Iterum is indeed a fresh start for Joe.  That first estate Sauvignon Blanc has yet to be released.  But the winery is marketing a 2021 Sauvignon Blanc from the Oak Grove Vineyard, a vineyard he first worked with in 1989.  This Sauvignon is part of an “Old Friends” Collection of wines from vineyards he has worked with over the years.  Currently, there are 4 different Pinots under this moniker.

But to return to single clone wines, he does not see them necessarily as a trend-setter because, he explains, “The single clonal bottlings from the same vineyard source is not something that everybody is able to do, and they also present additional sales work, so I think this is why you don’t see this very often.”

So, what does he hope to accomplish and add to his resume through Iterum’s wines?  “I think at this time it is difficult to be completely unique or a first in the industry.  However, I will refer back to my goals, and objectives for Sauvignon Blanc, by helping the cause for Sauvignon Blanc from Oregon.  My goals and objectives for Iterum are to produce world class, stylistic, delicious and highly regarded wines to the point where the brand is eventually considered to be the equivalent of a three star Michelin restaurant rating.”

Well, based on tasting the inaugural Sauvignon Blanc, Chardonnay and the two single clone Pinot Noirs, I would say he is off to a great start.  Detailed tasting notes of these Iterum wines appear below:

Iterum Wines, Willamette Valley (Oregon) Pinot Noir Orchard House Vineyard Clone 114 2019 ($75):  This limited production (147 case) wine is made entirely from Dijon clone #114, a widely planted clone but one usually part of a clonal mix.  As he did with his clone #115 Pinot Noir, winemaker Joe Dobbes used indigenous yeasts and vineyard bacteria to conduct both the primary and secondary fermentations.  15% whole clusters were added to the primary fermentations and both Pinots were then aged in French oak (35% new) for 16 months.  And yes, each Pinot has its own distinct personality.  This #114 is medium dark in color, and the wine slowly opens to reveal deep dark fruit and an earthy, forest floor aroma that has a hint of spice.  It is medium-bodied and plush, with intense dark cherry and oak spice flavors along with background notes of cinnamon and clove, all supported by gentle, rounded tannins.  When re-tasted a day later, it was more aromatic with velvety, mouth-filling, fully ripe flavors.  Impressive now, but this one will be exciting to try after several years of bottle age.  It was bottled unfined and unfiltered.       

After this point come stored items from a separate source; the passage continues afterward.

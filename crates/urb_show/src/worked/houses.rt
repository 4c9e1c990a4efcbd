//! Worked examples of houses: what a settling publishes, and what names an opened house.
//!
//! Each of the rows that end in ⊥ breaks one rule alone.
ghost use Rattle.std.specs.Prelude.{[], ◌∷◌, ◌≡◌};
ghost use Rattle.logbook.specs.Pages.{Book};
ghost use Rattle.urb_world.specs.Step.{Tick};
ghost use Rattle.urb_world.specs.internal.Examples.{limits};
ghost use Rattle.urb_show.specs.Houses.{IsNamed, Settled};
ghost use Rattle.urb_show.specs.internal.Examples.{told};
ghost use Rattle.urb_show.specs.internal.HouseExamples.{both_lists, first_of_one, settled, unsettled};
ghost use Rattle.urb_show.specs.internal.ReaderExamples.{token_of};

/// A settling of node 1 publishes its own entries, and what was prepared of node 2. The token names
/// just these lists and the present moment.
pub fn what_a_settling_publishes()
    ensures each_list { Settled 0 unsettled settled (token_of both_lists (Tick 1 ∷ [])) }
    ensures of_another_group { Settled 0 unsettled
        (record settled { group = record first_of_one { size = limits 4 10 } })
        (token_of both_lists (Tick 1 ∷ [])) → ⊥ }
    ensures with_an_event_more { Settled 0 unsettled (record settled { events = 4 })
        (token_of both_lists (Tick 1 ∷ [])) → ⊥ }
    ensures with_another_past { Settled 0 unsettled (record settled { past = [] })
        (token_of both_lists []) → ⊥ }
    ensures without_its_own_entry { Settled 0 unsettled (record settled
        { published = [] ∷ (told 2 1 "b" ∷ []) ∷ []; prepared = [] ∷ (told 2 1 "b" ∷ []) ∷ [] })
        (token_of ([] ∷ (told 2 1 "b" ∷ []) ∷ []) (Tick 1 ∷ [])) → ⊥ }
    ensures without_what_was_prepared { Settled 0 unsettled (record settled
        { published = (told 1 1 "a" ∷ []) ∷ [] ∷ []; prepared = (told 1 1 "a" ∷ []) ∷ [] ∷ [] })
        (token_of ((told 1 1 "a" ∷ []) ∷ [] ∷ []) (Tick 1 ∷ [])) → ⊥ }
    ensures of_another_node { Settled 1 unsettled settled (token_of both_lists (Tick 1 ∷ [])) → ⊥ }
    ensures with_other_lists_prepared { Settled 0 unsettled (record settled { prepared = [] })
        (token_of both_lists (Tick 1 ∷ [])) → ⊥ }
    ensures with_a_token_of_less { Settled 0 unsettled settled (token_of [] (Tick 1 ∷ [])) → ⊥ }
    ensures with_a_token_of_an_earlier_moment { Settled 0 unsettled settled
        (token_of both_lists []) → ⊥ }
{}

/// What was opened is named by its two books, its lists and its group.
pub fn what_names_a_house()
    ensures as_opened { (additions events : Book) →
        IsNamed (record { group = first_of_one; book = additions; history = events })
        additions events ((told 1 1 "a" ∷ []) ∷ []) first_of_one }
    ensures another_book { (additions events : Book) → (additions ≡ events → ⊥) →
        IsNamed (record { group = first_of_one; book = additions; history = events })
        events events ((told 1 1 "a" ∷ []) ∷ []) first_of_one → ⊥ }
    ensures another_history { (additions events : Book) → (events ≡ additions → ⊥) →
        IsNamed (record { group = first_of_one; book = additions; history = events })
        additions additions ((told 1 1 "a" ∷ []) ∷ []) first_of_one → ⊥ }
    ensures other_lists { (additions events : Book) →
        IsNamed (record { group = first_of_one; book = additions; history = events })
        additions events ([] ∷ []) first_of_one → ⊥ }
    ensures another_group { (additions events : Book) →
        IsNamed (record { group = first_of_one; book = additions; history = events })
        additions events ((told 1 1 "a" ∷ []) ∷ [])
        (record first_of_one { size = limits 4 10 }) → ⊥ }
{}
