//! Worked examples of what a user sees of events and worlds, in groups of four nodes.
ghost use Rattle.std.specs.Prelude.{[], ◌∷◌, ◌≡◌, Err, None, Some, false, true};
ghost use Rattle.urb_names.specs.Names.{name};
ghost use Rattle.urb_names.specs.declared.refusal.PacketFault.TheVariants as fault;
ghost use Rattle.urb_names.specs.declared.refusal.Refusal.TheVariants as refusal;
ghost use Rattle.urb_node.specs.Replies.{Drafted, Refused, Sent, Stored, Up, WentDown};
ghost use Rattle.urb_world.specs.Step.{Arrive, Commit, Crash, Fail, Restart, Submit, Tick};
ghost use Rattle.urb_world.specs.World.{started};
ghost use Rattle.urb_world.specs.internal.Examples.{limits, pending};
ghost use Rattle.urb_show.specs.Service as seen;
ghost use Rattle.urb_show.specs.ShownServices.{ShowsEvent, ShowsRun, ShowsStep, act_of};
ghost use Rattle.urb_show.specs.internal.ReaderExamples.{certified_of_two, unaccepted};
ghost use Rattle.urb_show.specs.internal.ServiceExamples.{m1};

/// What a user sees of each event, by its reply.
pub fn what_events_are()
    ensures a_packet_that_is_written { act_of (Arrive 2 (Err fault.Short)) (Drafted (name 1 1) 1)
        ≡ seen.Write }
    ensures a_refused_packet { act_of (Arrive 2 (Err fault.Short)) (Refused refusal.Busy)
        ≡ seen.Rest }
    ensures a_tick { act_of (Tick 1) (Sent []) ≡ seen.Rest }
    ensures an_own_record { act_of (Commit 1 1 (pending 1 1))
        (Stored (record { accepted = true; name = name 1 1; sent = []; released = 0 }))
        ≡ seen.Finish (1 ∷ []) }
    ensures another_record { act_of (Commit 1 1 (pending 1 1))
        (Stored (record { accepted = false; name = name 1 1; sent = []; released = 0 }))
        ≡ seen.Finish [] }
    ensures a_failed_store { act_of (Fail 1) (WentDown 1) ≡ seen.Fail }
    ensures no_failed_store { act_of (Fail 1) (Refused refusal.Stale) ≡ seen.Rest }
    ensures a_crash { act_of (Crash 1) (WentDown 1) ≡ seen.Crash None }
    ensures a_refused_restart { act_of (Restart 1 []) (Refused refusal.NotDown)
        ≡ seen.Restart (Some refusal.NotDown) }
    ensures a_restart { act_of (Restart 1 []) (Up 1) ≡ seen.Restart None }
{}

/// Events of a new group are steps of the service. If a node's log gets a name whose message nobody
/// has accepted, that is no step.
pub fn which_events_are_steps()
    ensures a_crash { ShowsStep (started (limits 4 10)) (Crash 1) }
    ensures a_crash_at_a_node { ShowsEvent (started (limits 4 10)) (Crash 1) }
    ensures a_submit_at_no_node { ShowsEvent (started (limits 4 10)) (Submit 9 m1) }
    ensures no_events { ShowsRun (started (limits 4 10)) [] }
    ensures a_crash_alone { ShowsRun (started (limits 4 10)) (Crash 1 ∷ []) }
    ensures no_step { ShowsStep unaccepted (Commit 1 1 certified_of_two) → ⊥ }
    ensures no_event { ShowsEvent unaccepted (Commit 1 1 certified_of_two) → ⊥ }
    ensures not_the_first { ShowsRun unaccepted (Commit 1 1 certified_of_two ∷ []) → ⊥ }
    ensures not_the_second { ShowsRun unaccepted (Tick 2 ∷ Commit 1 1 certified_of_two ∷ [])
        → ⊥ }
{}
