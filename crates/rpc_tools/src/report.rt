//! An audit: a report is read and judged, and a line written.
ghost use Rattle.std.specs.Prelude.{◌≡◌, ◌≢◌, ◌≤◌, ℕ, List, MatchResult, Some, length};
ghost use Rattle.count_line.specs.declared.audit.AuditLine.{AuditLine};
ghost use Rattle.memory_count.specs.Faults.{HasRisenBy, IsQuiet};
ghost use Rattle.rpc_outside.specs.Reading.{Unread};
ghost use Rattle.rpc_tools.specs.Audits.{Answers, Audits, Judges, lacks_judged, line_of, Says};
ghost use Rattle.rpc_tools.specs.Audits.{status_of, Writes};
ghost use Rattle.rpc_tools.specs.declared.report.TheConstants.{MOST_REPORT};
ghost use Rattle.rpc_tools.specs.Outcomes.{Gives, lacks_read};
ghost use Rattle.run_status.specs.Words.{lacks};

use crate::reading::{Input, read_all};
use count_line::{AuditLine, write_audit};
use history_audit::{Verdict, audit};
use memory_count::Memory;
use rpc_outside::{Sink, Source};
use run_status::Status;

/// The most bytes of a report that is audited.
const MOST_REPORT: usize = 67_108_864;

// How a run ends that says this.
fn status_of(line: AuditLine) -> Status
    ensures { result ≡ status_of line }
{
    match line {
        AuditLine::Lawful { .. } => Status::Done,
        AuditLine::Unlawful { line } => Status::NotLawful { line },
        AuditLine::TooLong => Status::TooLong,
    }
}

// Writes a line.
fn say<K: Sink>(sink: &mut K, line: AuditLine) -> Status
    ensures { Writes result line (K.page sink.old) (K.page sink.new) }
{
    match write_audit(sink, &line) {
        Ok(()) => status_of(line),
        Err(_) => Status::WriteFault,
    }
}

// The line of a verdict.
fn line_of(verdict: Verdict) -> AuditLine
    ensures { result ≡ line_of verdict }
{
    match verdict {
        Verdict::Lawful { facts } => AuditLine::Lawful { facts },
        Verdict::Unlawful { line } => AuditLine::Unlawful { line },
    }
}

// What is to be said of bytes that aren't too many.
fn judge_bytes(memory: &mut Memory, bytes: &[u8]) -> Result<AuditLine, Status>
    ensures says { MatchResult result
        (λ line. length bytes.now ≤ MOST_REPORT → Says bytes.now line)
        (λ status. status ≡ Status.NoMemory) }
    ensures cause { HasRisenBy (lacks_judged result) memory.old memory.new }
{
    match audit(memory, bytes) {
        Ok(verdict) => Ok(line_of(verdict)),
        Err(_) => Err(Status::NoMemory),
    }
}

// What is to be said of what the source gave.
fn judge(memory: &mut Memory, input: Input) -> Result<AuditLine, Status>
    ensures judges { (before after : Unread) → Gives MOST_REPORT input before after
        → Judges result before after }
    ensures cause { (before : ℕ) → HasRisenBy (lacks_read input) before memory.old
        → HasRisenBy (lacks_judged result) before memory.new }
{
    match input {
        Input::Whole(octets) => judge_bytes(memory, octets.bytes()),
        Input::TooLong => Ok(AuditLine::TooLong),
        Input::Fault => Err(Status::ReadFault),
        Input::Memory => Err(Status::NoMemory),
    }
}

/// Reads the source to its end, or until more than 67,108,864 bytes came, and writes whether they
/// are the report of a lawful history, at which line they fail, or that they are too many. It waits
/// for nothing. `NoMemory` comes only where memory was refused.
pub fn audit_report<S: Source, K: Sink>(memory: &mut Memory, source: &mut S, sink: &mut K) -> Status
    ensures audits { Audits result (S.input source.old) (S.input source.new) (K.page sink.old)
        (K.page sink.new) }
    ensures answers { (bytes : List ℕ) (line : AuditLine)
        → (S.input source.old).left ≡ Some bytes → Says bytes line
        → IsQuiet (S.input source.old).faults (S.input source.new).faults
        → IsQuiet (K.page sink.old).faults (K.page sink.new).faults
        → result ≢ Status.NoMemory
        → Answers line result (S.input source.new) (K.page sink.old) (K.page sink.new) }
    ensures cause { HasRisenBy (lacks result) memory.old memory.new }
{
    let input = read_all(memory, source, MOST_REPORT);
    match judge(memory, input) {
        Ok(line) => say(sink, line),
        Err(status) => status,
    }
}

Iterum Wines, Willamette Valley (Oregon) Pinot Noir Orchard House Vineyard Clone 115 2019 ($75):  Tasted side by side, the clone 115 offering from Iterum Wines is more delicate and refined than the 114, and overall tends to be more subtle, yet still complex.  In the glass, it shows beautiful high-toned initial aromas of red plum, cranberry, mocha and oak, along with a trace of tobacco leaf.  Medium-bodied, it is polished and balanced with a velvety texture to it.  The predominant yet easygoing flavors of cranberry, licorice and subtle oak toast work seamlessly together and take you to a long, delicate fruit finale with some gentle tannins in the background.  Also bottled unfined and unfiltered, this strikes me as more polished and offers more immediate appeal while #114 has definite cellar potential.